Step S4: combining an artificial neural network ANN with a hidden Markov model HMM to perform voice matching on static characteristic information and dynamic characteristic information, acquiring matching output probabilities of all corresponding paths from the hidden Markov model HMM through a Viterbi algorithm,

when the speech signal is a first match:

and obtaining the maximum probability from the matching output probabilities of all the corresponding paths and comparing the maximum probability with the confidence probability, wherein the calculation formula of the confidence probability is as follows:

wherein, P_cIs the confidence probability; m is the total number of successful first matching; p_iThe maximum probability value of successful first matching of the ith time;

when the speech signal is a second match:

For the process of matching the voice information, the invention introduces the concept of fuzzy algorithm. Due to the influence of external noise, when the voice signals are matched, the matching output probability of the corresponding path is generally low, and the high matching probability is difficult to achieve, so that a confidence probability is introduced, and a calculation formula of the confidence probability is as follows:

the confidence probability is a long-term accumulated value, when an initial value of the confidence probability is set at the initial stage of the robot voice recognition, the initial value is an average value of matching output probabilities of all corresponding paths in the first matching process, and the initial value is updated in real time according to the formula subsequently to adapt to the voice recognition in a noisy environment in turn. When the first matching of the voice information is unsuccessful, namely the maximum probability obtained from the matching output probabilities of all corresponding paths is smaller than the confidence probability, the voice signal is subjected to tone removal processing, and then the voice signal subjected to tone removal is subjected to the second matching in the step 2-4, so that external noise can possibly influence the related information of the voice information, including the influence on the tone of the voice information, thereby reducing the matching probability, removing the tone at the moment, and matching the voice signal again, thereby improving the probability and the accuracy of matching; when the speech signal is a second match: and outputting the output content of the corresponding path with the highest probability in the matching output probabilities of all the corresponding paths, wherein the content is the identified content. The second re-tone-removal instead of the first direct tone-removal can avoid the problem of reduced accuracy caused by the fact that the output probability of the corresponding path with the highest matching degree is reduced after tone removal.

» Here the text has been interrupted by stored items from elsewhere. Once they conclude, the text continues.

//! The conditions of a placement tried one after the other: a slow test of any placement.

ghost use Rattle.std.specs.Prelude.{◌≡◌, ◌↔◌, ◌&&◌, ◌||◌, ◌++◌, ◌==◌, IfOk, IsTrue, OnOk, is_none, length, nat_le, nat_lt, not};
ghost use Rattle.std.specs.List.{list_all, list_any};
ghost use Rattle.std.specs.Option.{option_copied, option_to_list};
ghost use Rattle.std.specs.Str.{bytes_eq};
ghost use Rattle.std.specs.Prelude.{find};
ghost use Rattle.zone_compile.specs.Configuration.{HasForm};
ghost use Rattle.placement.specs.Fitting.{Fits, ServeFor, count_in};
ghost use Rattle.placement.specs.Tests.{first_is_at, fit, found, has_home, has_region, has_two_at, ids_differ, is_at, is_named, rise, same_zone, serve, suits, zones_differ};

use crate::placement_types::Placement;
use mr_base::{Bytes, CloneIn, ListOf, Memory, NodeId, NodeInfo};
use region_sql::Goal;
use std::alloc::Global;
use zone_compile::ZoneConfig;

/// Whether a configuration can be placed among these nodes: there are some, in the order of their
/// numbers, and one at least in each region that it names.
pub fn serve_for(c: &ZoneConfig, nodes: &[NodeInfo]) -> bool
    ensures { IsTrue result ↔ ServeFor c.now nodes.now }
{
    serve(c, nodes)
}

/// Whether a placement fits: each condition is tried on its nodes.
pub fn fits(
    alloc: Global,
    c: &ZoneConfig,
    nodes: &[NodeInfo],
    p: &Placement,
) -> Result<bool, Memory>
    requires form { HasForm c.now }
    requires nodes { ServeFor c.now nodes.now }
    ensures { IfOk result (λ yes. IsTrue yes ↔ Fits c.now nodes.now p.now) }
{
    let at = found(alloc, nodes, p.voters.as_slice())?;
    let beside = found(alloc, nodes, p.others.as_slice())?;
    let all = joined(alloc, at.as_slice(), beside.as_slice())?;
    Ok(fit_there(c, p, at.as_slice(), beside.as_slice(), all.as_slice()))
}

/// Whether the nodes of a placement are there and fit.
fn fit_there(
    c: &ZoneConfig,
    p: &Placement,
    at: &[NodeInfo],
    beside: &[NodeInfo],
    all: &[NodeInfo],
) -> bool
    ensures { result ≡ ((length at.now == length p.now.voters) && (length beside.now == length p.now.others) && fit c.now at.now all.now) }
{
    at.len() == p.voters.len() && beside.len() == p.others.len() && fit(c, at, all)
}

fn serve(c: &ZoneConfig, nodes: &[NodeInfo]) -> bool
    ensures { result ≡ serve c.now nodes.now }
{
    nodes.len() != 0
        && rise(nodes)
        && has_home(&c.lease, nodes)
        && has_all(c.constraints.as_slice(), nodes)
}

/// Whether the numbers of the nodes rise.
fn rise(nodes: &[NodeInfo]) -> bool
    ensures { result ≡ rise nodes.now }
{
    for (i, node) in nodes.iter().enumerate() {
        if !are_after(node, &nodes[i + 1..]) {
            return false;
        }
    }
    true
}

fn are_after(node: &NodeInfo, later: &[NodeInfo]) -> bool
    ensures { result ≡ list_all (λ t. nat_lt node.now.id.0 t.id.0) later.now }
{
    later.iter().all(|t| node.id.0 < t.id.0)
}

fn has_region(nodes: &[NodeInfo], region: &Bytes) -> bool
    ensures { result ≡ has_region nodes.now region.now }
{
    nodes.iter().any(|s| s.region == *region)
}

fn has_home(lease: &Option<Bytes>, nodes: &[NodeInfo]) -> bool
    ensures { result ≡ has_home lease.now nodes.now }
{
    match lease {
        None => true,
        Some(home) => has_region(nodes, home),
    }
}

fn has_all(counts: &[(Bytes, u32)], nodes: &[NodeInfo]) -> bool
    ensures { result ≡ list_all (λ k. has_region nodes.now k.0) counts.now }
{
    counts.iter().all(|k| has_region(nodes, &k.0))
}

/// The nodes of these numbers, without those that aren't there.
fn found(alloc: Global, nodes: &[NodeInfo], ids: &[NodeId]) -> Result<ListOf<NodeInfo>, Memory>
    ensures { IfOk result (λ list. list ≡ found nodes.now ids.now) }
{
    let mut list = ListOf::new(alloc);
    for id in ids {
        add_found(alloc, &mut list, nodes, id)?;
    }
    Ok(list)
}

fn add_found(
    alloc: Global,
    list: &mut ListOf<NodeInfo>,
    nodes: &[NodeInfo],
    id: &NodeId,
) -> Result<(), Memory>
    ensures { OnOk result (list.new ≡ list.old ++ option_to_list (find (λ s. s.id.0 == id.now.0) nodes.now)) }
{
    if let Some(node) = node_of(nodes, id) {
        list.push(node.clone_in(alloc)?)?;
    }
    Ok(())
}

/// The node of a number.
fn node_of<'a>(nodes: &'a [NodeInfo], id: &NodeId) -> Option<&'a NodeInfo>
    ensures { option_copied result ≡ find (λ s. s.id.0 == id.now.0) nodes.now }
{
    nodes.iter().find(|s| s.id.0 == id.0)
}

fn joined(
    alloc: Global,
    first: &[NodeInfo],
    second: &[NodeInfo],
) -> Result<ListOf<NodeInfo>, Memory>
    ensures { IfOk result (λ all. all ≡ first.now ++ second.now) }
{
    let mut all = ListOf::copy_of(alloc, first)?;
    for node in second {
        all.push(node.clone_in(alloc)?)?;
    }
    Ok(all)
}

/// Whether voters at these nodes, and replicas at all of these, fit.
fn fit(c: &ZoneConfig, at: &[NodeInfo], all: &[NodeInfo]) -> bool
    ensures { result ≡ fit c.now at.now all.now }
{
    ids_differ(all)
        && all.len() == c.num_replicas as usize
        && at.len() == c.num_voters as usize
        && (c.goal.is_none() || are_named(c, all))
        && are_enough(c.constraints.as_slice(), all)
        && suits(c.goal, &c.lease, at)
        && first_is_at(&c.lease, at)
}

fn ids_differ(nodes: &[NodeInfo]) -> bool
    ensures { result ≡ ids_differ nodes.now }
{
    for (i, node) in nodes.iter().enumerate() {
        if !are_others(node, &nodes[i + 1..]) {
            return false;
        }
    }
    true
}

fn are_others(node: &NodeInfo, later: &[NodeInfo]) -> bool
    ensures { result ≡ list_all (λ t. not (node.now.id.0 == t.id.0)) later.now }
{
    later.iter().all(|t| node.id.0 != t.id.0)
}

/// Whether the node stands at home.
fn is_at(lease: &Option<Bytes>, node: &NodeInfo) -> bool
    ensures { result ≡ is_at lease.now node.now }
{
    match lease {
        None => false,
        Some(home) => node.region == *home,
    }
}

fn is_counted(counts: &[(Bytes, u32)], node: &NodeInfo) -> bool
    ensures { result ≡ list_any (λ k. bytes_eq k.0 node.now.region) counts.now }
{
    counts.iter().any(|k| k.0 == node.region)
}

/// Whether the configuration names the node's region.
fn is_named(c: &ZoneConfig, node: &NodeInfo) -> bool
    ensures { result ≡ is_named c.now node.now }
{
    is_at(&c.lease, node) || is_counted(c.constraints.as_slice(), node)
}

fn are_named(c: &ZoneConfig, nodes: &[NodeInfo]) -> bool
    ensures { result ≡ list_all (is_named c.now) nodes.now }
{
    nodes.iter().all(|s| is_named(c, s))
}

/// How many of the nodes stand in a region.
fn count_in(region: &Bytes, nodes: &[NodeInfo]) -> usize
    ensures { result ≡ count_in region.now nodes.now }
{
    nodes.iter().filter(|s| s.region == *region).count()
}

/// Whether each region has as many as its constraint counts.
fn are_enough(counts: &[(Bytes, u32)], nodes: &[NodeInfo]) -> bool
    ensures { result ≡ list_all (λ k. nat_le k.1 (count_in k.0 nodes.now)) counts.now }
{
    counts.iter().all(|k| k.1 as usize <= count_in(&k.0, nodes))
}

/// Whether voters at these nodes are what the goal asks.
fn suits(goal: Option<Goal>, lease: &Option<Bytes>, at: &[NodeInfo]) -> bool
    ensures { result ≡ suits goal lease.now at.now }
{
    match goal {
        None => true,
        Some(Goal::Zone) => are_at(lease, at) && zones_differ(at),
        Some(Goal::Region) => has_two_at(lease, at) && are_few(at),
    }
}

fn are_at(lease: &Option<Bytes>, nodes: &[NodeInfo]) -> bool
    ensures { result ≡ list_all (is_at lease.now) nodes.now }
{
    nodes.iter().all(|s| is_at(lease, s))
}

fn has_two_at(lease: &Option<Bytes>, nodes: &[NodeInfo]) -> bool
    ensures { result ≡ has_two_at lease.now nodes.now }
{
    match lease {
        None => true,
        Some(home) => 2 <= count_in(home, nodes),
    }
}

/// Whether at most two stand in the region of each.
fn are_few(nodes: &[NodeInfo]) -> bool
    ensures { result ≡ list_all (λ s. nat_le (count_in s.region nodes.now) 2) nodes.now }
{
    nodes.iter().all(|s| count_in(&s.region, nodes) <= 2)
}

fn zones_differ(nodes: &[NodeInfo]) -> bool
    ensures { result ≡ zones_differ nodes.now }
{
    for (i, node) in nodes.iter().enumerate() {
        if !are_apart(node, &nodes[i + 1..]) {
            return false;
        }
    }
    true
}

fn are_apart(node: &NodeInfo, later: &[NodeInfo]) -> bool
    ensures { result ≡ list_all (λ t. not (same_zone node.now t)) later.now }
{
    later.iter().all(|t| !same_zone(node, t))
}

fn same_zone(s: &NodeInfo, t: &NodeInfo) -> bool
    ensures { result ≡ same_zone s.now t.now }
{
    s.region == t.region && s.zone == t.zone
}

fn first_is_at(lease: &Option<Bytes>, at: &[NodeInfo]) -> bool
    ensures { result ≡ first_is_at lease.now at.now }
{
    let Some(home) = lease else {
        return true;
    };
    match at.first() {
        Some(node) => node.region == *home,
        None => false,
    }
}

Although the embodiments of the present invention have been described in conjunction with the accompanying drawings, those skilled in the art may make various modifications and variations without departing from the spirit and scope of the invention, and such modifications and variations fall within the scope defined by the appended claims.

Claims

1. A robot voice recognition method, comprising:

step 1: acquiring a voice signal;

when the speech signal is a first match:

when the speech signal is a second match:

2. The robot speech recognition method according to claim 1, wherein the confidence probability in step 4 is calculated as follows:

3. The robot speech recognition method of claim 1, wherein the pre-processing of the speech signal in step 2 comprises pre-emphasis, framing, and windowing in sequence.

4. The robot speech recognition method according to claim 1, wherein in step 3, the static feature information is subjected to FFT, mel filtering, and DCT processing in sequence, and then the processing result of the DCT is subjected to difference calculation to obtain the dynamic feature information.

5. The robot speech recognition method according to claim 1, wherein in step 4, the artificial neural network ANN is combined with a hidden markov model HMM to perform speech matching on the static feature information and the dynamic feature information.